**Required work**: From the entries below, copy every line that has the word "nested".

[Stored data]
-------

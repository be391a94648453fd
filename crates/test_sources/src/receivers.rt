//! Runs of a source on receivers that draw nothing.

use super::seen::{START, Skipped};
use std::alloc::{AllocError, Global};
use std::io::BufReader;
use std::test::*;
use tracing_tree::style::Level;
use ttree_go_test::GoTest;
use ttree_source::{CallsAtLeast, Tally, count_source, run_source};

// Two spans open, two events fail, and there is one event at the end. Two lines are unknown.
const TESTS: &str = concat!(
    "{\"Action\":\"run\",\"Package\":\"p\",\"Test\":\"A\"}\n",
    "[1]\n",
    "{\"Action\":\"output\",\"Package\":\"p\",\"Test\":\"A\",\"Output\":\"x\\n\"}\n",
    "{\"Action\":\"run\"}\n",
    "{\"Action\":\"fail\",\"Package\":\"p\",\"Test\":\"A\"}\n",
    "{\"Action\":\"fail\",\"Package\":\"p\"}\n",
);

#[test]
fn calls_are_counted_by_kind(rt: HostRuntime) -> Result<(), Fail> {
    let (unknown, counts) = counted(rt.alloc())?;
    assert_eq!(rt; unknown, 2);
    assert_eq!(rt; counts, [2, 0, 0, 4, 2]);
    Ok(())
}

// The lines of INFO don't reach the receiver.
#[test]
fn events_below_the_level_are_left_out(rt: HostRuntime) -> Result<(), Fail> {
    assert_eq!(rt; counted_from(rt.alloc(), Level::Trace)?, [2, 0, 0, 4, 2]);
    assert_eq!(rt; counted_from(rt.alloc(), Level::Info)?, [2, 0, 0, 4, 2]);
    assert_eq!(rt; counted_from(rt.alloc(), Level::Error)?, [2, 0, 0, 3, 2]);
    Ok(())
}

fn counted(alloc: Global) -> Result<(u64, [u64; 5]), AllocError> {
    let mut source = GoTest::new(alloc, 1, START)?;
    let mut notes = Skipped::new(alloc);
    let Ok(mut lines) = BufReader::with_capacity(alloc, 4096, TESTS.as_bytes()) else {
        return Err(AllocError);
    };
    let (run, tally) = count_source(alloc, &mut source, &mut lines, &mut notes);
    Ok((run.unknown, counts_of(&tally)))
}

fn counted_from(alloc: Global, level: Level) -> Result<[u64; 5], AllocError> {
    let mut source = GoTest::new(alloc, 1, START)?;
    let mut notes = Skipped::new(alloc);
    let Ok(mut lines) = BufReader::with_capacity(alloc, 4096, TESTS.as_bytes()) else {
        return Err(AllocError);
    };
    let mut receiver = CallsAtLeast::new(Tally::new(), level);
    let _run = run_source(alloc, &mut source, &mut lines, &mut receiver, &mut notes);
    Ok(counts_of(&receiver.into_receiver()))
}

// Spans, clones, records, events and closes.
fn counts_of(tally: &Tally) -> [u64; 5] {
    [
        tally.spans,
        tally.clones,
        tally.records,
        tally.events,
        tally.closes,
    ]
}
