//! What a run of a trace notes.

use super::seen::{START, Skipped, drawn};
use std::alloc::{AllocError, Global};
use std::test::*;
use ttree_chrome::{Leaves, run_trace};
use ttree_source::{Cut, Problem};

const WHOLE: &str = "[{\"ph\":\"i\",\"ts\":1,\"name\":\"x\"},{},{\"ph\":\"B\"}]";

const CUT: &str =
    "[{\"ph\":\"i\",\"ts\":1,\"name\":\"x\"},{},{\"ph\":\"i\",\"ts\":2},{\"ph\":\"i\",\"t";

#[test]
fn skipped_elements_are_noted_by_their_numbers(rt: HostRuntime) -> Result<(), Fail> {
    let whole = noted(rt.alloc(), WHOLE)?;
    assert_eq!(rt;
        whole.lines.as_slice(),
        [(2, Problem::Phase), (3, Problem::Start)].as_slice()
    );
    let cut = noted(rt.alloc(), CUT)?;
    assert_eq!(rt;
        cut.lines.as_slice(),
        [(2, Problem::Phase), (4, Problem::Object)].as_slice()
    );
    let none = noted(rt.alloc(), "{}")?;
    assert_eq!(rt; none.lines.as_slice(), [(1, Problem::Trace)].as_slice());
    Ok(())
}

fn noted(alloc: Global, text: &str) -> Result<Box<Skipped>, AllocError> {
    let cut = Cut {
        min_time: 0,
        depth: None,
    };
    let mut notes = Box::new(alloc, Skipped::new(alloc))?;
    let mut layered = drawn(alloc)?;
    let _made = run_trace(
        alloc,
        1,
        START,
        cut,
        Leaves::Rows,
        text,
        &mut *layered,
        &mut *notes,
    );
    Ok(notes)
}
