//! Large inputs, which memory is enough for.

use super::seen::{START, interpreted};
use std::alloc::{AllocError, Global};
use std::test::*;
use ttree_go_test::{Failed, GoTest};
use ttree_source::{Format, Source, format_of_line};
use ttree_tracing::Tracing;

// Runs a source to the input's end. Returns whether each line was known and nothing ended the run.
fn is_whole<S: Source>(alloc: Global, source: &mut S, input: &str) -> Result<bool, AllocError> {
    let run = interpreted(alloc, source, input.as_bytes())?;
    Ok(run.noted.is_empty() && run.fault.is_none())
}

// Returns a line of a test that comes in pieces, a long one, and many lines of another.
fn printed(alloc: Global) -> Result<String, AllocError> {
    let long = "x".repeat(alloc, 110_000)?;
    let part =
        "{\"Action\":\"output\",\"Package\":\"p\",\"Test\":\"A\",\"Output\":\"yyyyyyyyyyyyyyyyyyyy\"}\n".repeat(
            alloc, 500,
        )?;
    let line =
        "{\"Action\":\"output\",\"Package\":\"p\",\"Test\":\"B\",\"Output\":\"z\\n\"}\n".repeat(
            alloc, 6_000,
        )?;
    let mut input = String::from_str(
        alloc,
        "{\"Action\":\"run\",\"Package\":\"p\",\"Test\":\"A\"}\n",
    )?;
    input.push_str(part.as_str())?;
    input.push_str("{\"Action\":\"output\",\"Package\":\"p\",\"Test\":\"A\",\"Output\":\"")?;
    input.push_str(long.as_str())?;
    input.push_str("\\n\"}\n")?;
    input.push_str(line.as_str())?;
    input.push_str("{\"Action\":\"fail\",\"Package\":\"p\"}\n")?;
    Ok(input)
}

#[test]
fn tests_print_much(rt: HostRuntime) -> Result<(), Fail> {
    let input = printed(rt.alloc())?;
    let mut source = GoTest::new(rt.alloc(), 1, START)?;
    assert!(rt; is_whole(rt.alloc(), &mut source, input.as_str())?);
    Ok(())
}

#[test]
fn tests_that_fail_print_much(rt: HostRuntime) -> Result<(), Fail> {
    let input = printed(rt.alloc())?;
    let mut source = Failed::new(rt.alloc(), 1, START)?;
    assert!(rt; is_whole(rt.alloc(), &mut source, input.as_str())?);
    Ok(())
}

#[test]
fn a_first_line_is_long(rt: HostRuntime) -> Result<(), Fail> {
    let long = "x".repeat(rt.alloc(), 1_000_000)?;
    let mut line = String::from_str(rt.alloc(), "{\"Action\":\"run\",\"Package\":\"")?;
    line.push_str(long.as_str())?;
    line.push_str("\"}")?;
    assert!(rt; format_of_line(rt.alloc(), line.as_bytes())? == Some(Format::GoTest));
    Ok(())
}

// Returns a line in 1,001 spans, and 12,000 spans that stay open.
fn nested(alloc: Global) -> Result<String, AllocError> {
    let span = "{\"name\":\"s\"},".repeat(alloc, 1_000)?;
    let mut input = String::from_str(
        alloc,
        "{\"level\":\"INFO\",\"fields\":{\"message\":\"x\"},\"spans\":[",
    )?;
    input.push_str(span.as_str())?;
    input.push_str("{\"name\":\"t\"}]}\n")?;
    for number in 0..12_000_u32 {
        push_new(&mut input, number)?;
    }
    Ok(input)
}

// Appends a line that opens a span.
fn push_new(input: &mut String, number: u32) -> Result<(), AllocError> {
    input.push_str("{\"level\":\"INFO\",\"fields\":{\"message\":\"new\"},\"span\":{\"name\":\"a")?;
    let digits = number.to_string(*input.allocator())?;
    input.push_str(digits.as_str())?;
    Ok(input.push_str("\"},\"spans\":[]}\n")?)
}

#[test]
fn spans_of_tracing_are_deep_and_many(rt: HostRuntime) -> Result<(), Fail> {
    let input = nested(rt.alloc())?;
    let mut source = Tracing::new(rt.alloc(), 1, START);
    assert!(rt; is_whole(rt.alloc(), &mut source, input.as_str())?);
    Ok(())
}
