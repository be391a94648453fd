//! Tests of the sources and of their runs: when output is shown, what is noted, each size, large
//! inputs, and calls of the laws that run something.
#![tactic(auto)]

#[cfg(test)]
mod large;
#[cfg(test)]
mod laws;
#[cfg(test)]
mod prefixes;
#[cfg(test)]
mod receivers;
#[cfg(test)]
mod runs;
#[cfg(test)]
mod seen;
#[cfg(test)]
mod sizes;
#[cfg(test)]
mod tallies;
#[cfg(test)]
mod traces;
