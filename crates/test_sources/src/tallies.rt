//! Which tests a source counts, and whether it says that they failed, after a run to the input's
//! end.

use super::seen::{START, interpreted};
use std::alloc::{AllocError, Global};
use std::test::*;
use tracing_tree::style::Level;
use ttree_go_test::{Failed, GoTest};
use ttree_source::AtLeast;

// Lines, how many tests passed, failed, were skipped and didn't finish, how many packages there
// were and how many of them failed, and whether something failed.
const ROWS: [(&str, [u64; 6], bool); 9] = [
    ("", [0, 0, 0, 0, 0, 0], false),
    (
        "{\"Action\":\"pass\",\"Package\":\"p\",\"Test\":\"A\"}\n",
        [1, 0, 0, 0, 0, 0],
        false,
    ),
    (
        "{\"Action\":\"fail\",\"Package\":\"p\",\"Test\":\"A\"}\n",
        [0, 1, 0, 0, 0, 0],
        true,
    ),
    (
        "{\"Action\":\"skip\",\"Package\":\"p\",\"Test\":\"A\"}\n",
        [0, 0, 1, 0, 0, 0],
        false,
    ),
    // The package still runs.
    (
        "{\"Action\":\"run\",\"Package\":\"p\",\"Test\":\"A\"}\n",
        [0, 0, 0, 1, 1, 1],
        true,
    ),
    // The failure of a build is reported at the package's end, which is missing here.
    (
        "{\"Action\":\"build-fail\",\"ImportPath\":\"p\"}\n",
        [0, 0, 0, 0, 0, 0],
        false,
    ),
    ("FAIL\tp [build failed]\n", [0, 0, 0, 0, 1, 1], true),
    // A benchmark without an end passes with its package.
    (
        "{\"Action\":\"run\",\"Package\":\"p\",\"Test\":\"BenchmarkA\"}\n{\"Action\":\"pass\",\"Package\":\"p\"}\n",
        [1, 0, 0, 0, 1, 0],
        false,
    ),
    // Nothing is known of this line.
    ("{\"Action\":\"fail\"}\n", [0, 0, 0, 0, 0, 0], false),
];

#[test]
fn tests_are_counted_by_how_they_ended(rt: HostRuntime) -> Result<(), Fail> {
    for (input, counts, has_failed) in ROWS {
        let source = ran(rt.alloc(), input)?;
        assert_eq!(rt; counts_of(&source), counts);
        assert_eq!(rt; source.has_failed(), has_failed);
    }
    Ok(())
}

// What is left out of the drawing fails as well.
#[test]
fn tests_fail_under_level_and_failed_as_without(rt: HostRuntime) -> Result<(), Fail> {
    for (input, _counts, has_failed) in ROWS {
        assert_eq!(rt; fail_above_all(rt.alloc(), input)?, has_failed);
        assert_eq!(rt; fail_of_failed(rt.alloc(), input)?, has_failed);
    }
    Ok(())
}

fn ran(alloc: Global, input: &str) -> Result<Box<GoTest>, AllocError> {
    let mut source = Box::new(alloc, GoTest::new(alloc, 1, START)?)?;
    let _run = interpreted(alloc, &mut *source, input.as_bytes())?;
    Ok(source)
}

fn counts_of(source: &GoTest) -> [u64; 6] {
    let tally = source.tally();
    [
        tally.passed,
        tally.failed,
        tally.skipped,
        tally.unfinished,
        tally.packages,
        tally.packages_failed,
    ]
}

fn fail_above_all(alloc: Global, input: &str) -> Result<bool, AllocError> {
    let mut source = AtLeast::new(GoTest::new(alloc, 1, START)?, Level::Error);
    let _run = interpreted(alloc, &mut source, input.as_bytes())?;
    Ok(source.into_source().has_failed())
}

fn fail_of_failed(alloc: Global, input: &str) -> Result<bool, AllocError> {
    let mut source = Failed::new(alloc, 1, START)?;
    let _run = interpreted(alloc, &mut source, input.as_bytes())?;
    Ok(source.has_failed())
}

-------

**Exercise answer**:
fn nested(alloc: Global) -> Result<String, AllocError> {
    let input = nested(rt.alloc())?;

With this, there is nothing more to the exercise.